▶ YOUR TASK
Could you set down exactly the lines of the data below, starting at the one that holds "filename crates/pesp_domains/src/waiting.rt" and ending at the one that holds "ℕ) → waits_at", both included, and only those?

▶ RECORD SET
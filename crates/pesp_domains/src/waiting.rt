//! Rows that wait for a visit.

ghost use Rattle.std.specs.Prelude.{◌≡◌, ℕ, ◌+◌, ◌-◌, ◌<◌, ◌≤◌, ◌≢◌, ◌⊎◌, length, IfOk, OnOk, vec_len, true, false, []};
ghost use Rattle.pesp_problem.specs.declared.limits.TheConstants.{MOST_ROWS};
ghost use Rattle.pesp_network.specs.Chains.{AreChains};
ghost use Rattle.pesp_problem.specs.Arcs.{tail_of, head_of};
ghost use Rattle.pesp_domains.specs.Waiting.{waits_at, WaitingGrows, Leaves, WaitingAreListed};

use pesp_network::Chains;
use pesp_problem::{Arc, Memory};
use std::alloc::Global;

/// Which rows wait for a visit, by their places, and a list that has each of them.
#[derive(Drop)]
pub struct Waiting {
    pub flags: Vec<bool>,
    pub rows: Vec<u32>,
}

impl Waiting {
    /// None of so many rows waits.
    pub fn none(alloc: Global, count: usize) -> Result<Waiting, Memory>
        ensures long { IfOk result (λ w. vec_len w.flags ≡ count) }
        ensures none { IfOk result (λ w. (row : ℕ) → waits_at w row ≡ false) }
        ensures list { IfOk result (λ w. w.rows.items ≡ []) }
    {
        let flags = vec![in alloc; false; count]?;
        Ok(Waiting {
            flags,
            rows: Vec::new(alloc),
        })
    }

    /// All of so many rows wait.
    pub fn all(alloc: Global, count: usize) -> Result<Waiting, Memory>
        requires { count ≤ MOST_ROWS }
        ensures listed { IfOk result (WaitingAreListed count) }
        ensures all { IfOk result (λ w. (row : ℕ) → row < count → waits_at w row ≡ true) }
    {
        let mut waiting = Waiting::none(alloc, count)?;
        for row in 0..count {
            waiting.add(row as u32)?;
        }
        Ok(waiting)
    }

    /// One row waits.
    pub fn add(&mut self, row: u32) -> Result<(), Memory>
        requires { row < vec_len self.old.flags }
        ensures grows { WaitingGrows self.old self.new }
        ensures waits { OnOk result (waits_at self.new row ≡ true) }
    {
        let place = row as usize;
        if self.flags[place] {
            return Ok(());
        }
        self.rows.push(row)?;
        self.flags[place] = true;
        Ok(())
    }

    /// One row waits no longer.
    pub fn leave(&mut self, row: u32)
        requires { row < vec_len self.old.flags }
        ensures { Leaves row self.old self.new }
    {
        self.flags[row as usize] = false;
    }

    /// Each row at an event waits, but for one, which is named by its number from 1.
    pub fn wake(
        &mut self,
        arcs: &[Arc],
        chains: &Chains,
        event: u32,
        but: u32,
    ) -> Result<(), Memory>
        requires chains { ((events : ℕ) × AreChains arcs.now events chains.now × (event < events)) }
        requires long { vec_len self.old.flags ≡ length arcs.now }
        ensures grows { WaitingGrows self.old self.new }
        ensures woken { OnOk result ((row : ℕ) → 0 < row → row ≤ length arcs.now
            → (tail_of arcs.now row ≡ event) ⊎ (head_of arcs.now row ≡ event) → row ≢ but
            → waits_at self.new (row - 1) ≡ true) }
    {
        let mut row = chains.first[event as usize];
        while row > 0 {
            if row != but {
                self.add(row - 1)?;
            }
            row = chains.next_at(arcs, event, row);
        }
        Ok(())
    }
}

--

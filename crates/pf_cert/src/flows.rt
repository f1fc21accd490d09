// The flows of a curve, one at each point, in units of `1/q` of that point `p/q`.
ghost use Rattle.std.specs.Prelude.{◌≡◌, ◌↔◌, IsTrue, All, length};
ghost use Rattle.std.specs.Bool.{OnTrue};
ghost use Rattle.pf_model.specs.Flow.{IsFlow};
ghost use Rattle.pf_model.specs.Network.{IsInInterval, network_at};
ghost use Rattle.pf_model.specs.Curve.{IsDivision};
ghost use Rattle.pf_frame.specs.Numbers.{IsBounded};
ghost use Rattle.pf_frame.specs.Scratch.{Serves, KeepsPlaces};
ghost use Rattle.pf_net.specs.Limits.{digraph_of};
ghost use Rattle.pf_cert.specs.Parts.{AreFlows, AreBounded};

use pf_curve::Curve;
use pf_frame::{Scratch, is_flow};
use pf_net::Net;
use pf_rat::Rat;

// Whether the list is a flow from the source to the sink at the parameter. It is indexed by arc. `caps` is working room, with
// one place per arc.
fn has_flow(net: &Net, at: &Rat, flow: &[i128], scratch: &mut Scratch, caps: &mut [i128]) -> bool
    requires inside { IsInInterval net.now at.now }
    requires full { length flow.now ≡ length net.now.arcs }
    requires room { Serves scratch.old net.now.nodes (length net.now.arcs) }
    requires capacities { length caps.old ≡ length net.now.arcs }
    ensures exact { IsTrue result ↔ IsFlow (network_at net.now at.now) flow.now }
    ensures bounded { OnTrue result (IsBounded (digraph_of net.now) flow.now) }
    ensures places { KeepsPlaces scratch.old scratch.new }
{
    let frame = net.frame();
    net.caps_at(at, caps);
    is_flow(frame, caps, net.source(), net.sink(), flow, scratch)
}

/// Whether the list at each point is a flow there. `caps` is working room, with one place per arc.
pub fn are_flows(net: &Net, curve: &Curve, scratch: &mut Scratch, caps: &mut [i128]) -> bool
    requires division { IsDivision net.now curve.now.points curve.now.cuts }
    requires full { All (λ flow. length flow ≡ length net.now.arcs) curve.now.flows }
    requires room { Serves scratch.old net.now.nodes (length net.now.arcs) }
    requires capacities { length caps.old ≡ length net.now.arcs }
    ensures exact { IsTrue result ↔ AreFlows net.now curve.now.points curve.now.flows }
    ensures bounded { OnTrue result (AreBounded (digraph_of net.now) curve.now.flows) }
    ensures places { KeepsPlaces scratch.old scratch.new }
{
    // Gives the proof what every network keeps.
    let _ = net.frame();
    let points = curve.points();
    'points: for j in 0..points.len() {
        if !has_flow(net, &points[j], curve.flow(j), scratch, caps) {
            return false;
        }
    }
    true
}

▶ OUTPUT OF THE TASK
filename crates/pesp_domains/src/waiting.rt
//! Rows that wait for a visit.

ghost use Rattle.std.specs.Prelude.{◌≡◌, ℕ, ◌+◌, ◌-◌, ◌<◌, ◌≤◌, ◌≢◌, ◌⊎◌, length, IfOk, OnOk, vec_len, true, false, []};
ghost use Rattle.pesp_problem.specs.declared.limits.TheConstants.{MOST_ROWS};
ghost use Rattle.pesp_network.specs.Chains.{AreChains};
ghost use Rattle.pesp_problem.specs.Arcs.{tail_of, head_of};
ghost use Rattle.pesp_domains.specs.Waiting.{waits_at, WaitingGrows, Leaves, WaitingAreListed};

use pesp_network::Chains;
use pesp_problem::{Arc, Memory};
use std::alloc::Global;

/// Which rows wait for a visit, by their places, and a list that has each of them.
#[derive(Drop)]
pub struct Waiting {
    pub flags: Vec<bool>,
    pub rows: Vec<u32>,
}

impl Waiting {
    /// None of so many rows waits.
    pub fn none(alloc: Global, count: usize) -> Result<Waiting, Memory>
        ensures long { IfOk result (λ w. vec_len w.flags ≡ count) }
        ensures none { IfOk result (λ w. (row : ℕ) → waits_at w row ≡ false) }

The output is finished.